«Xhaka ist ein Symptom des Niedergangs von Arsenal»
Sportjournalist und Autor Raphael Honigstein verfolgt die Geschehnisse in der Premier League seit Jahren. Die Schuld am Eklat von London sieht er nicht bei Granit Xhaka selbst.
Schon fast seit es die Premier League gibt, ist Raphael Honigstein in England. Er hat die glorreichen Zeiten von Arsenal London miterlebt, die Zeiten von Dennis Bergkamp und Thierry Henry, von Robert Pires und Patrick Vieira, und darüber geschrieben. Für den «Guardian», die «Süddeutsche Zeitung» und den «Spiegel». 2017 erschien seine Biografie über Liverpool-Trainer Jürgen Klopp. Heute schreibt der 46-Jährige für das Magazin «The Athletic».
Natürlich war in den letzten Stunden und Tagen auch Granit Xhaka Thema bei Honigstein. Der Schweizer Captain wurde beim letzten Arsenal-Heimspiel ausgebuht und reagierte mit eindeutigen Gesten, das Band zwischen Fans und Spieler scheint zerschnitten. Für Honigstein liegt die Schuld aber nicht nur beim Schweizer, vielmehr liege es am Trainer, der ohne System spielt, und an den Fans, deren Ansprüche und die Realität weit auseinanderklaffen. Das erklärt er im Interview.

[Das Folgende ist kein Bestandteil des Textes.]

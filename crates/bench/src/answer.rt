// The answer to a line.
use crate::buffers::{Bench, used};
use crate::forms::Form;
use crate::replies::Reply;
use crate::texts::Text;
use crate::{bus, forms, sets};
use desk::{ANSWER, NUMBERS, WORDS_USED};

impl Bench {
    // Answers a line.
    pub(crate) fn line(&mut self, line: &[u8]) {
        match forms::take(line, &mut self.desk) {
            Some(form) => self.answer(form, line),
            None => self.print(Reply::malformed()),
        }
        self.printer.put(Text::END, &[]);
    }

    // Does what a line of a form says, and prints what is to be shown or the answer.
    fn answer(&mut self, form: Form, line: &[u8]) {
        let reply = match form {
            Form::Show(shown) => return self.show(shown),
            Form::Call(call) => self.call(call),
            Form::Writes => self.write_array(line),
            Form::Row => self.write_row(line),
            Form::Fresh => self.fresh(),
            Form::Table => self.lay_table(line),
            Form::Buffer => self.lay_frames(),
            Form::Lend => self.lay_message(line),
            Form::Room => self.lay_room(),
            Form::Take => self.take(line),
            Form::Judge => self.judge(),
            Form::Pid => bus::pid(&self.desk),
            Form::Id => bus::id(&self.desk),
            Form::Checksum(model) => bus::sum(model, line, &self.desk),
            Form::Set(part) => sets::set(part, &mut self.desk),
        };
        self.print(reply);
    }

    // Prints an answer; where it has bytes, they are on the desk.
    fn print(&mut self, reply: Reply) {
        let desk = &self.desk;
        let out = &mut self.printer;
        match reply.numbers {
            Some(numbers) => out.put(reply.text, &numbers),
            None => out.put(reply.text, &desk[ANSWER..]),
        }
    }

    // Judges the schedules of the table in use.
    fn judge(&self) -> Reply {
        let t = used(self.desk[WORDS_USED], &self.table);
        Reply::judge(timing::judge(t, self.desk[NUMBERS], self.desk[NUMBERS + 1]))
    }
}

Wie würden Sie Granit Xhakas bisherige Zeit bei Arsenal zusammenfassen?
Raphael Honigstein: Xhaka kam von einem sehr detailbewussten Trainer (Lucien Favre, Anm. d. Red.) zu Arsène Wenger, der einfach alles laufen liess. Wengers Masche ist: Der Spieler muss sich selber zurechtfinden, was in Xhakas Position unheimlich schwer ist. Xhaka ist da ein bisschen verloren gegangen, ohne eigene Schuld. Das Problem beim jetzigen Trainer Unai Emery ist ähnlich. Man weiss nicht genau, was diese Mannschaft spielen soll. Die Mannschaft versteht den Trainer nicht immer. Xhaka hat daran nicht unbedingt Schuld.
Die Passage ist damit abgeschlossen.